Exercise brief ▸
Find the lines below in which the string "unless" occurs. Copy each one.

Provided records ▸
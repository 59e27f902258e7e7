ghost use Rattle.std.specs.Prelude.{◌≡◌, ◌≢◌, ◌⊎◌, IfErr};
ghost use Rattle.xt_io.specs.Outside.{Rose, KeepsCounts, appended};
ghost use Rattle.command_line.specs.Words.{Text, HasCount, bytes_of, job_of};
ghost use Rattle.call_meaning.specs.Outcome.{Outcome, prints, refuses, unread};
ghost use Rattle.call_meaning.specs.Call.{JobMeans, Means, AreKnown, Answers, IsCall, IsFailure, HasFault, IsCutOff};
ghost use Rattle.call_meaning.specs.Call.{HadNoFault, Shows};
ghost use Rattle.call_meaning.specs.FailureWords.{WritesLine, line_of, status_of};
ghost use Rattle.call_meaning.specs.Opened.{FailsAfter, HasValue, OpensFirst, files_named, files_of};
ghost use Rattle.call_meaning.specs.declared.refusal.Refusal.{Refusal};
ghost use Rattle.call_meaning.specs.declared.refusal.Failure.{Failure};
ghost use Rattle.call_meaning.specs.declared.refusal.Failure.TheVariants.{NoText, Unwritten};
ghost use Rattle.call_meaning.specs.declared.refusal.Stop.TheVariants.{Refused};

use crate::eco::eco;
use crate::generated::summary_of_generated;
use crate::link::text_of_block;
use crate::replay::replay;
use crate::report::report_of_block;
use crate::solve::solve;
use call_meaning::{Failure, Refusal, Stop};
use chaos_core::{Gate, OpenGate};
use command_line::{Job, WordsFault, parse_words};
use failure_lines::refuse;
use std::alloc::Global;
use std::thread::Threads;
use xt_io::{Files, Sink, write_whole};

/// Does what the words after the program's name say: reads the files that they name, writes one text to `out`, and
/// gives the exit status. A failure writes its one line to `err`, as far as `err` takes it, and but for a write
/// fault leaves `out` as it was.
pub fn xtalk<R: Threads + Sync, F: Files, O: Sink, E: Sink>(
    rt: &R,
    alloc: Global,
    words: &[String],
    files: &mut F,
    out: &mut O,
    err: &mut E,
) -> u8
    // 0: the text that the words and the files mean was written, and nothing else.
    ensures printed { result ≡ 0 → (text : Text) × Means (bytes_of words.now) (F.content files.old) (prints text)
        × (O.written out.new ≡ appended (O.written out.old) text) × (err.new ≡ err.old) }

    // Any other status has one failure as its cause, and the line of that failure on err. No file was opened after one
    // that is refused or could not be read.
    ensures failed { result ≢ 0 → (failure : Failure) × (result ≡ status_of failure)
        × IsFailure (Means (bytes_of words.now) (F.content files.old))
        (HasFault (F.faults files.old) (F.faults files.new))
        (IsCutOff (O.written out.old) (O.written out.new) (O.faults out.old) (O.faults out.new)) failure
        × WritesLine (E.written err.old) (E.written err.new) (E.faults err.old) (E.faults err.new) (line_of failure)
        × FailsAfter (files_named (job_of (bytes_of words.now))) (F.opened files.old) (F.opened files.new) failure }

    // All else stays as it was: out, but for a text (0) and for a first part of one, after which a write came to a
    // fault (7); its count of faults, but for 7; the counts of all files, but for a read fault (6).
    ensures kept { (result ≢ 0 → result ≢ 7 → out.new ≡ out.old)
        × (result ≢ 7 → O.faults out.new ≡ O.faults out.old)
        × (result ≢ 6 → KeepsCounts (F.faults files.old) (F.faults files.new)) }

    // A refusal that the words and the files mean comes, unless memory runs out or a read fault came before it.
    ensures refused { (why : Refusal) → Means (bytes_of words.now) (F.content files.old) (refuses why)
        → AreKnown (bytes_of words.now) (F.content files.old)
        → (result ≡ status_of (NoText (Refused why))) ⊎ ((result ≡ 8) ⊎ ((result ≡ 6)
        × (file : Text) × Means (bytes_of words.now) (F.content files.old) (unread file)
        × HasFault (F.faults files.old) (F.faults files.new) file)) }

    // Where they mean no refusal, and neither a file nor out had a fault, the text comes, unless memory runs out.
    ensures complete { ((why : Refusal) → Means (bytes_of words.now) (F.content files.old) (refuses why) → ⊥)
        → ((file : Text) → Means (bytes_of words.now) (F.content files.old) (unread file)
        → HasFault (F.faults files.old) (F.faults files.new) file → ⊥)
        → (Rose (O.faults out.old) (O.faults out.new) → ⊥) → (result ≡ 0) ⊎ (result ≡ 8) }

    // Where the contents are known, no other text and no other refusal is meant than the one that came.
    ensures only { AreKnown (bytes_of words.now) (F.content files.old) → HadNoFault result
        → (outcome : Outcome) → Means (bytes_of words.now) (F.content files.old) outcome
        → ((file : Text) → outcome ≢ unread file)
        → Shows result (λ text. O.written out.new ≡ appended (O.written out.old) text)
        (WritesLine (E.written err.old) (E.written err.new) (E.faults err.old) (E.faults err.new)) outcome }

    // A first part of the files that the words name was opened, each once, in their order; all of them for 0 and 7.
    ensures opened { OpensFirst (files_named (job_of (bytes_of words.now))) ((result ≡ 0) ⊎ (result ≡ 7))
        (F.opened files.old) (F.opened files.new) }

    // All files hold what they held, where that is known.
    ensures content { (m : Text) → F.content files.new m ≡ F.content files.old m }
{
    xtalk_gated(rt, alloc, &OpenGate, words, files, out, err)
}

/// The same with a gate that each of several workers of a run passes in every round before it draws, and by marks also
/// one alone. One worker alone passes none in a run without marks, nor do those of `replay`. Both runs of several
/// workers without marks are made at the same time, and their workers and rounds have the same numbers. What is written
/// does not depend on the gate.
pub fn xtalk_gated<R: Threads + Sync, F: Files, O: Sink, E: Sink, G: Gate>(
    rt: &R,
    alloc: Global,
    gate: &G,
    words: &[String],
    files: &mut F,
    out: &mut O,
    err: &mut E,
) -> u8
    ensures call { IsCall O.written O.faults E.written E.faults (Means (bytes_of words.now) (F.content files.old))
        (AreKnown (bytes_of words.now) (F.content files.old))
        (FailsAfter (files_named (job_of (bytes_of words.now))) (F.opened files.old) (F.opened files.new))
        (F.faults files.old) (F.faults files.new) out.old out.new err.old err.new result }
    ensures opened { OpensFirst (files_named (job_of (bytes_of words.now))) ((result ≡ 0) ⊎ (result ≡ 7))
        (F.opened files.old) (F.opened files.new) }
    ensures content { (m : Text) → F.content files.new m ≡ F.content files.old m }
{
    match text_of(rt, alloc, gate, words, files) {
        Ok(text) => write_text(out, err, &text),
        Err(stop) => refuse(err, Failure::NoText(stop)),
    }
}

// Writes a text to `out`, and gives the exit status. A fault of `out` has its line on `err`.
fn write_text<O: Sink, E: Sink>(out: &mut O, err: &mut E, text: &[u8]) -> u8
    ensures whole { result ≡ 0 → (O.written out.new ≡ appended (O.written out.old) text.now)
        × (O.faults out.new ≡ O.faults out.old) × (err.new ≡ err.old) }
    ensures cut_off { result ≢ 0 → (result ≡ 7)
        × IsCutOff (O.written out.old) (O.written out.new) (O.faults out.old) (O.faults out.new) text.now
        × WritesLine (E.written err.old) (E.written err.new) (E.faults err.old) (E.faults err.new)
        (line_of Unwritten) }
{
    match write_whole(out, text) {
        Ok(()) => 0,
        Err(_) => refuse(err, Failure::Unwritten),
    }
}

// The text that the words and the files mean.
fn text_of<R: Threads + Sync, F: Files, G: Gate>(
    rt: &R,
    alloc: Global,
    gate: &G,
    words: &[String],
    files: &mut F,
) -> Result<Vec<u8>, Stop>
    ensures means { let Meant = Means (bytes_of words.now) (F.content files.old) in
        Answers result (λ text. Meant (prints text.items)) Meant (F.faults files.old) (F.faults files.new) }
    ensures opened { OpensFirst (files_named (job_of (bytes_of words.now))) (HasValue result)
        (F.opened files.old) (F.opened files.new) }
    ensures stopped { IfErr result (λ stop. FailsAfter (files_named (job_of (bytes_of words.now)))
        (F.opened files.old) (F.opened files.new) (NoText stop)) }
    ensures content { (m : Text) → F.content files.new m ≡ F.content files.old m }
{
    match parse_words(alloc, words) {
        Ok(job) => job_text(rt, alloc, gate, files, job),
        Err(WordsFault::Bad) => Err(Stop::Refused(Refusal::Words)),
        Err(WordsFault::NoMemory) => Err(Stop::NoMemory),
    }
}

// The text that a job and the files mean.
fn job_text<R: Threads + Sync, F: Files, G: Gate>(
    rt: &R,
    alloc: Global,
    gate: &G,
    files: &mut F,
    job: Job,
) -> Result<Vec<u8>, Stop>
    requires count { HasCount job }
    ensures means { let Meant = JobMeans job (F.content files.old) in
        Answers result (λ text. Meant (prints text.items)) Meant (F.faults files.old) (F.faults files.new) }
    ensures opened { OpensFirst (files_of job) (HasValue result) (F.opened files.old) (F.opened files.new) }
    ensures stopped { IfErr result (λ stop. FailsAfter (files_of job)
        (F.opened files.old) (F.opened files.new) (NoText stop)) }
    ensures content { (m : Text) → F.content files.new m ≡ F.content files.old m }
{
    match job {
        Job::Report(job) => report_of_block(rt, alloc, gate, files, job),
        Job::Solve(job) => solve(rt, alloc, gate, files, job),
        Job::Replay(job) => replay(rt, alloc, gate, files, job),
        Job::Eco(job) => eco(rt, alloc, gate, files, job),
        Job::Link(job) => text_of_block(alloc, files, job),
        Job::Gen(job) => summary_of_generated(rt, alloc, gate, job),
    }
}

Exercise response ▸
    // A refusal that the words and the files mean comes, unless memory runs out or a read fault came before it.
    // Where they mean no refusal, and neither a file nor out had a fault, the text comes, unless memory runs out.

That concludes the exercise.